Justices O'Connor, Thomas, and Rehnquist wrote dissenting opinions, of which Justice Thomas's opening paragraph really captures the absurdity of this reading of the commerce clause: "Respondents Diane Monson and Angel Raich use marijuana that has never been bought or sold, that has never crossed state lines, and that has had no demonstrable effect on the national market for marijuana. If Congress can regulate this under the Commerce Clause, then it can regulate virtually anything--and the Federal Government is no longer one of limited and enumerated powers."

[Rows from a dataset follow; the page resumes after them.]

// The files of kslab, and what is seen of a dump's slabs.
ghost use Rattle.std.specs.Prelude.{◌≡◌, ◌≤◌, ◌+◌, ◌^◌, max, map, None, Some, option_map, IfOk, Ok};
ghost use Rattle.std.specs.List.{All};
ghost use Rattle.std.specs.Option.{ForSome, option_copied};
ghost use Rattle.std.specs.String.{string_bytes};
ghost use Rattle.kc_outside.specs.declared.store.Slot.{Slot};
ghost use Rattle.kc_outside.specs.declared.store.Slot.TheVariants.{Dump, Map};
ghost use Rattle.kc_outside.specs.Counts.{Rose};
ghost use Rattle.kc_outside.specs.Files.{content};
ghost use Rattle.kc_notes.specs.Notes.{text_in};
ghost use Rattle.kc_phys.specs.Stored.{AreInside};
ghost use Rattle.kc_syms.specs.Symbols.{symbol};
ghost use Rattle.kc_command.specs.declared.refusal.Refusal.TheVariants.{Notes};
ghost use Rattle.kc_command.specs.Halts.{NotStore, OnStore, UnlessStore};
ghost use Rattle.kc_command.specs.Made.{Is, Tells, checked};
ghost use Rattle.kc_command.specs.Paging.{IsTable};
ghost use Rattle.kc_command.specs.Slots.{IsAbout, RefusesAbout};
ghost use Rattle.kc_command.specs.Ends.Answers.{OnNone, OnStoreIn, PrintsOf, PrintsOfBytes, RefusesLast, Runs, StayBehind, UnlessStoreIn, written_by};
ghost use Rattle.kc_command.specs.Ends.Asked.{word_in};
ghost use Rattle.kc_slabs.specs.Looking.{told_view};
ghost use Rattle.kc_slabs.specs.OfCache.{slab_shapes};
ghost use Rattle.kc_slabs.specs.Slabs.{asking, kernel_with, seen_made, shape_made, slabs_asked, slabs_asks, slabs_made, slabs_view, slabs_written};

use crate::looking::{SlabShapes, SlabsSeen, look_at};
use crate::text::{are_sound, told_text};
use kc_btf::Btf;
use kc_command::{
    Answer, Halt, Refusal, VIEW_HEADERS, read_map, read_noted, read_symbols, read_types,
};
use kc_elf::Core;
use kc_found::Found;
use kc_kinds::Known;
use kc_layout::Names;
use kc_notes::{Info, vmcoreinfo};
use kc_outside::Store;
use kc_slab_page::page_shape;
use kc_slab_scan::cpu_shape;
use kc_syms::Symbols;
use kc_word::NoMemory;
use std::alloc::Global;

/// What is asked of a dump, with the files of its kernel.
#[derive(Clone, Copy)]
pub struct Asks<'w> {
    /// The name of the dump.
    pub dump: &'w str,
    /// The name of the file of types.
    pub btf: &'w str,
    /// The name of the map.
    pub map: &'w str,
    /// The name of the cache whose slabs are looked at, or `None` where all are.
    pub cache: Option<&'w [u8]>,
}

// What the words ask.
fn read(words: &[String]) -> Option<Asks<'_>>
    ensures asked { option_map slabs_view result ≡ slabs_asks (map string_bytes words.now) }
{
    match words {
        [dump, btf, map] => Some(Asks {
            dump: dump.as_str(),
            btf: btf.as_str(),
            map: map.as_str(),
            cache: None,
        }),
        [dump, btf, map, cache] => Some(Asks {
            dump: dump.as_str(),
            btf: btf.as_str(),
            map: map.as_str(),
            cache: Some(cache.as_str().as_bytes()),
        }),
        _ => None,
    }
}

/// Runs kslab on the words after its name: the first fault of the dump, the types or the map, else what is seen of the dump's slabs. `None`
/// where these aren't its words; the store isn't asked then.
pub fn run<S: Store>(alloc: Global, store: &mut S, words: &[String]) -> Option<Result<Answer, Halt>>
    requires { (slot : Slot) → ForSome (word_in (slabs_asks (map string_bytes words.now)) slot) (S.may store.old slot) }

    ensures output { Runs slabs_written (slabs_asks (map string_bytes words.now)) (S.files store.old) result
        (S.opened store.old) (S.opened store.new) }
    ensures unasked { OnNone result (S.asked store.new ≡ S.asked store.old) }
    ensures files { S.files store.new ≡ S.files store.old }
    ensures later { S.faults store.old ≤ S.faults store.new }
    ensures quiet { UnlessStoreIn result (S.faults store.new ≡ S.faults store.old) }
    ensures cause { OnStoreIn result (Rose (S.faults store.old) (S.faults store.new)) }
{
    let asks = read(words)?;
    Some(look_over(alloc, store, &asks))
}

// The answer to what is asked.
fn look_over<S: Store>(alloc: Global, store: &mut S, asks: &Asks<'_>) -> Result<Answer, Halt>
    requires dump { S.may store.old Dump asks.now.dump.now }
    requires btf { S.may store.old Slot.Btf asks.now.btf.now }
    requires map { S.may store.old Map asks.now.map.now }

    ensures output { PrintsOf slabs_written
        (λ files. slabs_made (option_copied asks.now.cache) (files Dump asks.now.dump.now) (files Slot.Btf asks.now.btf.now)
        (files Map asks.now.map.now)) (S.files store.old) result }
    ensures unopened { StayBehind (slabs_asked (asking asks.now)).named result (S.opened store.old)
        (S.opened store.new) }
    ensures files { S.files store.new ≡ S.files store.old }
    ensures later { S.faults store.old ≤ S.faults store.new }
    ensures quiet { UnlessStore result (S.faults store.new ≡ S.faults store.old) }
    ensures cause { OnStore result (Rose (S.faults store.old) (S.faults store.new)) }
{
    let noted = read_noted(alloc, store, VIEW_HEADERS, asks.dump)?;
    let note = read_note(&noted.core)?;
    let types = read_types(alloc, store, asks.btf)?;
    let map = read_map(alloc, store, asks.map)?;
    let files = Kernel {
        core: &noted.core,
        info: noted.info,
        note,
        types: &types,
        map: &map,
    };
    look_with(alloc, store, &files, asks)
}

// The text of a dump's VMCOREINFO.
fn read_note(core: &Core) -> Result<&[u8], Refusal>
    ensures made { Tells (λ note. note.now) (checked Notes (text_in core.now.notes)) result }
    ensures refused { IsAbout (Some Dump) result }
{
    Ok(vmcoreinfo(core)?)
}

// A dump and the files of its kernel, read.
#[derive(Clone, Copy)]
struct Kernel<'k> {
    core: &'k Core,
    info: Info,
    note: &'k [u8],
    types: &'k Btf,
    map: &'k [u8],
}

/// Where a kernel has what tells of its slabs, by its types, the symbols of its map and the text of its dump's VMCOREINFO, or `None` where it
/// lacks that.
///
/// # Errors
///
/// Out of memory.
pub fn slab_shapes(
    alloc: Global,
    types: &Btf,
    symbols: &Symbols<'_>,
    info: Info,
    note: &[u8],
) -> Result<Option<SlabShapes>, NoMemory>
    ensures { IfOk result (λ s. s ≡ slab_shapes (kernel_with types.now (symbol symbols.now) info) note.now) }
{
    let names = Names::new(alloc, types)?;
    let known = Known {
        btf: types,
        names: &names,
        symbols,
        kaslr: info.kaslr,
        five: info.five,
    };
    match page_shape(&known, note) {
        Some(pages) => Ok(Some(SlabShapes {
            pages,
            cpus: cpu_shape(&known),
        })),
        None => Ok(None),
    }
}

// The same, or the refusal of its types.
fn shape_of(
    alloc: Global,
    types: &Btf,
    symbols: &Symbols<'_>,
    info: Info,
    note: &[u8],
) -> Result<SlabShapes, Halt>
    ensures made { Is (λ s. s) (shape_made (kernel_with types.now (symbol symbols.now) info) note.now) result }
    ensures refused { RefusesAbout None result }
    ensures no_call { NotStore result }
{
    match slab_shapes(alloc, types, symbols, info, note)? {
        Some(shapes) => Ok(shapes),
        None => Err(Halt::Refused(Refusal::NoType)),
    }
}

// The answer over files that were read.
fn look_with<S: Store>(
    alloc: Global,
    store: &mut S,
    files: &Kernel<'_>,
    asks: &Asks<'_>,
) -> Result<Answer, Halt>
    requires table { IsTable files.now.info.table }
    requires inside { AreInside (S.sizes store.old Dump) files.now.core.now.segments }
    requires below { All (λ s. s.paddr + max s.filesz s.memsz ≤ 2 ^ 64) files.now.core.now.segments }

    ensures output { PrintsOfBytes slabs_written
        (λ bytes. seen_made (option_copied asks.now.cache) bytes files.now.core.now.segments files.now.info files.now.note.now files.now.types.now files.now.map.now)
        (content (S.files store.old) Dump (S.opened store.old Dump)) result }
    ensures last { RefusesLast (slabs_asked (asking asks.now)).named result }
    ensures files { S.files store.new ≡ S.files store.old }
    ensures later { S.faults store.old ≤ S.faults store.new }
    ensures quiet { UnlessStore result (S.faults store.new ≡ S.faults store.old) }
    ensures cause { OnStore result (Rose (S.faults store.old) (S.faults store.new)) }
{
    let symbols = read_symbols(alloc, files.map)?;
    let shape = shape_of(alloc, files.types, &symbols, files.info, files.note)?;
    let seen = look_at(
        alloc,
        store,
        files.core,
        files.info,
        files.types,
        &shape,
        asks.cache,
    )?;
    Ok(answer_of(alloc, &seen)?)
}

// The answer of what was seen.
fn answer_of(alloc: Global, seen: &Result<SlabsSeen, Found>) -> Result<Answer, NoMemory>
    ensures { IfOk result (λ answer. written_by answer ≡ slabs_written (told_view seen.now)) }
{
    let text = told_text(alloc, seen)?;
    if are_sound(seen) {
        Ok(Answer::Done(text))
    } else {
        Ok(Answer::Broken(text))
    }
}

As I said at the beginning of this essay, you don't have to be interested in the question of marijuana to be concerned about this decision. The liberal wing of the Court looked at where following Lopez and Morrison would take future decisions about the commerce clause--and recognized that an astonishing amount of federal regulation would almost certainly fall, if the federal government lost this case. It would unleash a storm of suits challenging whether the federal laws prohibiting discrimination in public accommodations, protecting the environment--and many of the gun control laws--really were constitutional under the commerce clause.

Certainly, many of these laws would still be applicable. The Atlanta motel that refused to rent to blacks, and was the case that upheld the Civil Rights Act of 1964, was clearly engaged in interstate commerce. It advertised in national magazines, and three-quarters of its business was from out of state.10 There might be legitimate argument, however, about whether some much more local businesses that discriminate are actually engaged in interstate commerce. Of more interest to gun owners, what about someone who makes a machine gun from scratch, and does not sell it? Does his action "substantially affect" interstate commerce? You can see why the left wing of the Court had no choice but to uphold the federal government's authority to punish sick people growing and using marijuana for personal use.

Watch carefully how the Supreme Court handles not only your rights, but also how it handles larger issues of the limits of governmental power. It may not be your ox being gored this month, but overreaching power seldom stops with the death of one animal.

1Gibbons v. Ogden, 22 U.S. 1 (1824).

2Kidd v. Pearson, 128 U.S. 1 (1888).

3Oliver Iron Min. Co. v. Lord, 262 U.S. 172 (1923).

4Gabriel Kolko, The Triumph of Conservativism (Glencoe, Ill.: Free Press, 1963).

5Nigro v. U.S., 276 U.S. 332 (1928).

6National Firearms Act, "Hearings Before The House Committee on Ways and Means", 73rd Cong. 2d Sess., (1934), 18-19.

7Wickard v. Filburn, 317 U.S. 111, 128, 129 (1942),.

8U.S. v. Lopez, 514 U.S. 549 (1995).

9U.S. v. Morrison, 529 U.S. 598 (2000).

10Heart of Atlanta Motel, Inc. v. U.S. 379 U.S. 241 (1964).